Alter Natura – Museo de Arte de Pereira

Alter Natura – Museo de Arte de Pereira

I am excited to be part of the exhibition Alter Natura at Museo de Arte de Pereira in Pereira, Colombia with the artworks Pirañas and Dancing Frogs. The opening of the exhibition took place on May 19, 2023.

Alter Natura is a broad exhibition, where different contemporary artists reflect through their artworks on the importance of natural resources, the impact of our interventions and the possibilities of building more sustainable futures.

 

 

About Piranhas, 1992:

A school of 170 piranha fish have been arranged in space, to depict the idea and the movement of the Amazon river. This installation is the result of a workshop held in the Amazon basin in Brazil. 25 artists from countries around the world were invited to make art in the rain forest for three weeks.

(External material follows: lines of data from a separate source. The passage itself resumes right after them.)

//! All entries of one table: by a scan, and by the iterator from both ends.
use crate::digest::{Digest, code};
use crate::files::open_copy;
use crate::lending::scan_lent;
use crate::ranges::{take_all, take_from};
use lsm_tables::block::Direction;
use lsm_tables::table::Table;
use sst_blocks::Error;
use std::alloc::Global;

// Takes all that a scan yields.
#[inline(always)]
pub(crate) fn scan(table: &Table, digest: &mut Digest) -> Result<(), Error> {
    take_all(table.scan()?, digest)
}

// The kinds of iteration over a table.
#[derive(Clone, Copy)]
pub(crate) enum Walk {
    Scan,
    Lent,
    Front,
    Back,
}

fn walk_once(table: &Table, walk: Walk, digest: &mut Digest) -> Result<(), Error> {
    match walk {
        Walk::Scan => scan(table, digest),
        Walk::Lent => scan_lent(table, digest),
        Walk::Front => iterate(table, Direction::Front, digest),
        Walk::Back => iterate(table, Direction::Back, digest),
    }
}

// Takes all that a table's iterator yields from one end.
fn iterate(table: &Table, end: Direction, digest: &mut Digest) -> Result<(), Error> {
    take_from(end, table.iter()?, digest)
}

// Copies and opens a table, and iterates over it, in each pass.
pub(crate) fn walk_passes(
    alloc: Global,
    file: &[u8],
    walk: Walk,
    passes: u64,
    digest: &mut Digest,
) -> Result<(), Error> {
    let table = open_copy(alloc, file)?;
    for _ in 0..passes {
        *digest = Digest::empty();
        walk_once(&table, walk, digest)?;
    }
    Ok(())
}

/// Copies and opens a table, and scans it, in each pass.
///
/// `digest` is that of the last pass.
#[unsafe(no_mangle)]
pub extern "C" fn tool_bench_scan(
    alloc: Global,
    file: &[u8],
    passes: u64,
    digest: &mut Digest,
) -> u32 {
    code(walk_passes(alloc, file, Walk::Scan, passes, digest))
}

/// Copies and opens a table, and takes all that its iterator yields from the front, in each pass.
///
/// `digest` is that of the last pass.
#[unsafe(no_mangle)]
pub extern "C" fn tool_bench_iter(
    alloc: Global,
    file: &[u8],
    passes: u64,
    digest: &mut Digest,
) -> u32 {
    code(walk_passes(alloc, file, Walk::Front, passes, digest))
}

/// Copies and opens a table, and takes all that its iterator yields from the back, in each pass.
///
/// `digest` is that of the last pass, in that order.
#[unsafe(no_mangle)]
pub extern "C" fn tool_bench_iter_back(
    alloc: Global,
    file: &[u8],
    passes: u64,
    digest: &mut Digest,
) -> u32 {
    code(walk_passes(alloc, file, Walk::Back, passes, digest))
}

I decided to work with native material that could not be found anywhere else, and that depicted the sense of the place where it came from. The preserved piranha fish are sold as souvenirs for tourists. With their mouths wide open, they seem to be swimming after the viewer, showing their sharp teeth, and their eyes and bellies painted red. These ferocious looking piranhas seem to fulfill the tourists’ ideas and fantasies of the rain forest; the rain forest which itself embodies the notion of nature as threatening, wild and dangerous.

 

About Dancing Frogs, 1990:

A geometric arrangement of frogs is suspended in space, functioning as a drawing against the white walls. When the viewer gets close, he or she discovers that the frogs are real, preserved biological specimens. Their legs and arms have been stretched out, in the stylized geometrization of nature, which is

characteristic of precolumbian zoormorphic and anthropomorphic representations. The repetition in number creates the suggestion of movement, as in film and animation.

I wanted to raise questions about representation. Why is it morally correct, and even educational, to contemplate taxidermic animals at the Museum of Natural History; whereas it is questionable if they are presented, both as art and as representation of death? What is it about us that make us edit reality and leave out whatever reminds us of our own mortality and animalness?